Sir Pentious and Moxxie -- both like machinery, both nerrrds, both dress similarly, both tinkerers, both prefer weaponry to hands-on fighting, both underestimated a lot, both very polite Gentlemen, both dating total Baddies Cherri and Millie (oh wait, there's an episode in this that ties to Cherri and Millie going out, where while the latter have a whole Arc, SP and Moxxie are just chilling so hard the entire time). Vibesssss
Octavia is another one I can see in a lot of configurations. Octavia and Charlie kind of a good one, princesses hanging out, I think initially there'd be a bit of personality friction, but I think Via could benefit from a Charlie in her life + they both have daddy issues. Via would also get on really really well with Vaggie I think, so if we've got a Cherri+Millie+Loona constellation, then we've got a parallel Charlie+Vaggie+Via one, where Vaggie kinda balances out the two very intensely in different directions energies and the three of them have a much quieter night, ultimately, than the other three (why is this all ending up as one big headcanon where everyone meets up and it's a party and some people go out and others stay in and there's a bunch of character development?)
Fizzie btw could go either way in this scenario. he has a foot in both worlds, but I read him as more of a homebody than a partygoer. he's just a very flamboyant homebody, so I think he'd prefer to do his nails with Charlie and Vaggie and Via than to go dancing/burning shit up with Cherri and Angel and Millie and Verosika and Loona. Stolas, I just realised, also hanging out and doing nails and the like, I think also good bonding time for him and Via + he and Charlie would bond over bursting into song and yearning
dyou think Alastor would be incredibly charming with Verosika also and she'd be a lil flustered by it? I want that too. like he kisses her knuckles and says he admires her work and it's a lil, oh boy oh boy (and then she asks Angel and Cherri what Al's deal is, like is he gay or what because she's been flirting with him all evening and nothing, and they're like *shrug* whatever his deal is, it ain't sex that's for sure and she sighs and says all the good guys are too busy committing atrocities, and Angel and Cherri squint, because her taste in men... clearly missing some Red Flags for her to respond to)

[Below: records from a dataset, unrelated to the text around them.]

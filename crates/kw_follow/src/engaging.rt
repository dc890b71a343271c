//! The events by which a rebalance begins, each by its own step of the table.
//!
//! A rebalance loads the clock, the epoch and the state of the full row; it makes the row a leader,
//! marks the link after it, decides whether the row after it goes along, and freezes the count of
//! the row at hand. What the local does next says which step it is, as in `putting`; `building`
//! asks for it.
ghost use Rattle.std.specs.Prelude.{◌≡◌};
ghost use Rattle.kw_world.specs.Parts.{part_of};
ghost use Rattle.kw_world.specs.Sane.{HasRoom, IsLocal};
ghost use Rattle.kw_world.specs.Sizes.{product};
ghost use Rattle.kw_world.specs.Step.{next_of};
ghost use Rattle.kw_world.specs.Transition.{outcome};
ghost use Rattle.kw_world.specs.declared.part.Part.{Part};
ghost use Rattle.kw_follow.specs.Moving.{FollowsAt, Moves};

use kw_step_rebal::resume::rebalance_resume;
use kw_table::{
    Pass, Shared, decide, engage, freeze_count, load_clock, load_epoch, load_state, mark_link,
};
use kw_words::layout::Name;
use kw_words::sizes::{FROZEN_BIT, MARK_BIT};
use kw_words::state::State;
use kw_world::activity::Activity;
use kw_world::activity::rebalance::Rebalance;
use kw_world::activity::rebalance::engage::Engage;
use kw_world::activity::rebalance::freeze::Freeze;
use kw_world::event::{Choice, StepDone};
use kw_world::local::Local;

// What follows from an event of a rebalance that was made with this choice, by what the seat was
// told.
#[inline(always)]
pub(crate) fn rebalance_on(
    shared: &Shared,
    local: &mut Local,
    choice: Choice,
    told: u64,
) -> StepDone
    requires ranges { IsLocal product local.old }
    requires room { HasRoom product local.old }
    requires part { part_of choice local.old ≡ Part.Rebalance }
    ensures { outcome local.new result ≡ next_of product shared.now.opening.rows choice local.old
        told }
{
    rebalance_resume(local, shared.rows(), choice, told)
}

// Loads the clock, which has to leave room for what is drawn.
#[inline(always)]
pub(crate) fn ask_clock(shared: &Shared, pass: &mut Pass, local: &mut Local) -> StepDone
    requires { FollowsAt shared.now pass.old local.old
        (Activity.Rebalance (Rebalance.Engage Engage.Clock)) }
    ensures { Moves shared.now pass.old local.old Choice.Go pass.new local.new result }
{
    let told = load_clock(shared, pass, Name::Clock);
    rebalance_on(shared, local, Choice::Go, told)
}

// Loads the epoch, which has to leave room too.
#[inline(always)]
pub(crate) fn ask_epoch(shared: &Shared, pass: &mut Pass, local: &mut Local) -> StepDone
    requires { FollowsAt shared.now pass.old local.old
        (Activity.Rebalance (Rebalance.Engage Engage.Epoch)) }
    ensures { Moves shared.now pass.old local.old Choice.Go pass.new local.new result }
{
    let told = load_epoch(shared, pass, Choice::Go, Name::Epoch);
    rebalance_on(shared, local, Choice::Go, told)
}

// Loads the state of the full row.
#[inline(always)]
pub(crate) fn ask_state(shared: &Shared, pass: &mut Pass, local: &mut Local) -> StepDone
    requires { FollowsAt shared.now pass.old local.old
        (Activity.Rebalance (Rebalance.Engage Engage.State)) }
    ensures { Moves shared.now pass.old local.old Choice.Go pass.new local.new result }
{
    let told = load_state(shared, pass, Choice::Go, Name::State(local.row));
    rebalance_on(shared, local, Choice::Go, told)
}

// Exchanges the normal state of the full row for that of a leader of as yet none.
#[inline(always)]
pub(crate) fn lead_row(shared: &Shared, pass: &mut Pass, local: &mut Local) -> StepDone
    requires { FollowsAt shared.now pass.old local.old
        (Activity.Rebalance (Rebalance.Engage Engage.Lead)) }
    ensures { Moves shared.now pass.old local.old Choice.Go pass.new local.new result }
{
    let state = Name::State(local.row);
    let normal = State::Normal.pack();
    let leader = State::Leader(0).pack();
    let told = engage(shared, pass, state, normal, leader);
    rebalance_on(shared, local, Choice::Go, told)
}

// Sets the mark of the link after the full row.
#[inline(always)]
pub(crate) fn mark_row_link(
    shared: &Shared,
    pass: &mut Pass,
    local: &mut Local,
    count: u32,
) -> StepDone
    requires { FollowsAt shared.now pass.old local.old
        (Activity.Rebalance (Rebalance.Engage (Engage.MarkLink count))) }
    ensures { Moves shared.now pass.old local.old Choice.Go pass.new local.new result }
{
    let told = mark_link(shared, pass, Name::Next(local.row), MARK_BIT);
    rebalance_on(shared, local, Choice::Go, told)
}

// Exchanges the state of a leader of as yet none for that of one of so many rows.
#[inline(always)]
pub(crate) fn decide_count(
    shared: &Shared,
    pass: &mut Pass,
    local: &mut Local,
    count: u32,
) -> StepDone
    requires { FollowsAt shared.now pass.old local.old
        (Activity.Rebalance (Rebalance.Engage (Engage.Decide count))) }
    ensures { Moves shared.now pass.old local.old Choice.Go pass.new local.new result }
{
    let state = Name::State(local.row);
    let undecided = State::Leader(0).pack();
    let decided = State::Leader(count).pack();
    let told = decide(shared, pass, state, undecided, decided);
    rebalance_on(shared, local, Choice::Go, told)
}

// Sets the frozen bit of the count of the row at hand.
#[inline(always)]
pub(crate) fn freeze_row_count(shared: &Shared, pass: &mut Pass, local: &mut Local) -> StepDone
    requires { FollowsAt shared.now pass.old local.old
        (Activity.Rebalance (Rebalance.Freeze Freeze.Count)) }
    ensures { Moves shared.now pass.old local.old Choice.Go pass.new local.new result }
{
    let count = Name::Count(local.rebalance.hand);
    let told = freeze_count(shared, pass, count, FROZEN_BIT);
    rebalance_on(shared, local, Choice::Go, told)
}
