//! Whole runs of the server over binders in memory.
use crate::seats::{Handed, expect_served, listener_of};
use kiwid::binding::MemBinder;
use kiwid::server::kiwid_run;
use kiwid::session::SessionEnd;
use kw_command::word::Word;
use kw_model::memory::Memory;
use std::alloc::Global;
use std::process::Abort;
use std::sync::Wait;
use std::test::Fail;
use std::thread::Threads;

/// The words with these texts.
fn words_of(alloc: Global, texts: &[&str]) -> Result<Vec<Word>, Memory> {
    let mut words = Vec::new(alloc);
    for text in texts {
        words.push(Word::new(String::from_str(alloc, text)?))?;
    }
    Ok(words)
}

/// Expects that a run with these words ends with this code, where one listener may be bound, whose
/// links have these bytes to read, and that this is handed back by its seats.
fn expect_run<R: Threads + Wait + Abort + Sync>(
    rt: &R,
    alloc: Global,
    (words, inputs): (&[&str], &[&[u8]]),
    code: u8,
    handed: &[Handed],
) -> Result<(), Fail> {
    let words = words_of(alloc, words)?;
    let listeners = Vec::from_array(alloc, [listener_of(alloc, inputs)?])?;
    let mut binder = MemBinder::new(alloc, listeners);
    let end = kiwid_run(rt, alloc, &words, &mut binder);
    assert_eq!(rt; end.status.code(), code);
    expect_served(rt, &end.served, handed);
    Ok(())
}

#[test]
fn bad_words_bind_nothing(rt: HostRuntime) -> Result<(), Fail> {
    let table: [&[&str]; 14] = [
        &[],
        &["4000"],
        &["4000", "1"],
        &["0", "1", "1"],
        &["65536", "1", "1"],
        &["4000", "0", "1"],
        &["4000", "17", "1"],
        &["4000", "1", "0"],
        &["4000", "1", "1000001"],
        &["00000004000", "1", "1"],
        &["+4000", "1", "1"],
        &["4000", "", "1"],
        &["4000", "1", "1", "1"],
        &["4000", "1", "4294967297"],
    ];
    for words in table {
        expect_run(&rt, rt.alloc(), (words, &[]), 2, &[])?;
    }
    Ok(())
}

#[test]
fn links_in_memory_are_served(rt: HostRuntime) -> Result<(), Fail> {
    let inputs: [&[u8]; 2] = [b"put 5 50\nget 5\n", b"get 5"];
    let table: [&[&str]; 3] = [
        &["4000", "1", "1"],
        &["0004000", "01", "1"],
        &["65535", "0000000001", "1"],
    ];
    let handed: [Handed; 1] = [(&[SessionEnd::Ended], &[b"ok\n50\n"])];
    for words in table {
        expect_run(&rt, rt.alloc(), (words, &inputs), 0, &handed)?;
    }
    Ok(())
}

// One listener is there, and two are asked for, or as many as may be.
#[test]
fn a_bind_that_fails_is_told(rt: HostRuntime) -> Result<(), Fail> {
    let inputs: [&[u8]; 2] = [b"get 5", b"get 5"];
    for seats in ["2", "16"] {
        expect_run(&rt, rt.alloc(), (&["4000", seats, "1"], &inputs), 4, &[])?;
    }
    Ok(())
}

#[test]
fn a_listener_that_fails_is_told(rt: HostRuntime) -> Result<(), Fail> {
    let inputs: [&[u8]; 1] = [b"get 5\nwait\n"];
    let handed: [Handed; 1] = [(&[SessionEnd::Bad(2)], &[b"none\nbad line 2\n"])];
    expect_run(&rt, rt.alloc(), (&["4000", "1", "2"], &inputs), 4, &handed)
}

Octavia would be fascinated by Niffty also -- Niffty generally has the energy of that gina linetti meme in b99 where all the psychologists are hunkered around her desperate to study her:
whomst am I missing. Kinda skipping the sins+Lucifer, also the villains (minus Striker), and most of the tertiary characters. I think that's it then? *wipes brow*
feel free to add more thoughts/dynamics!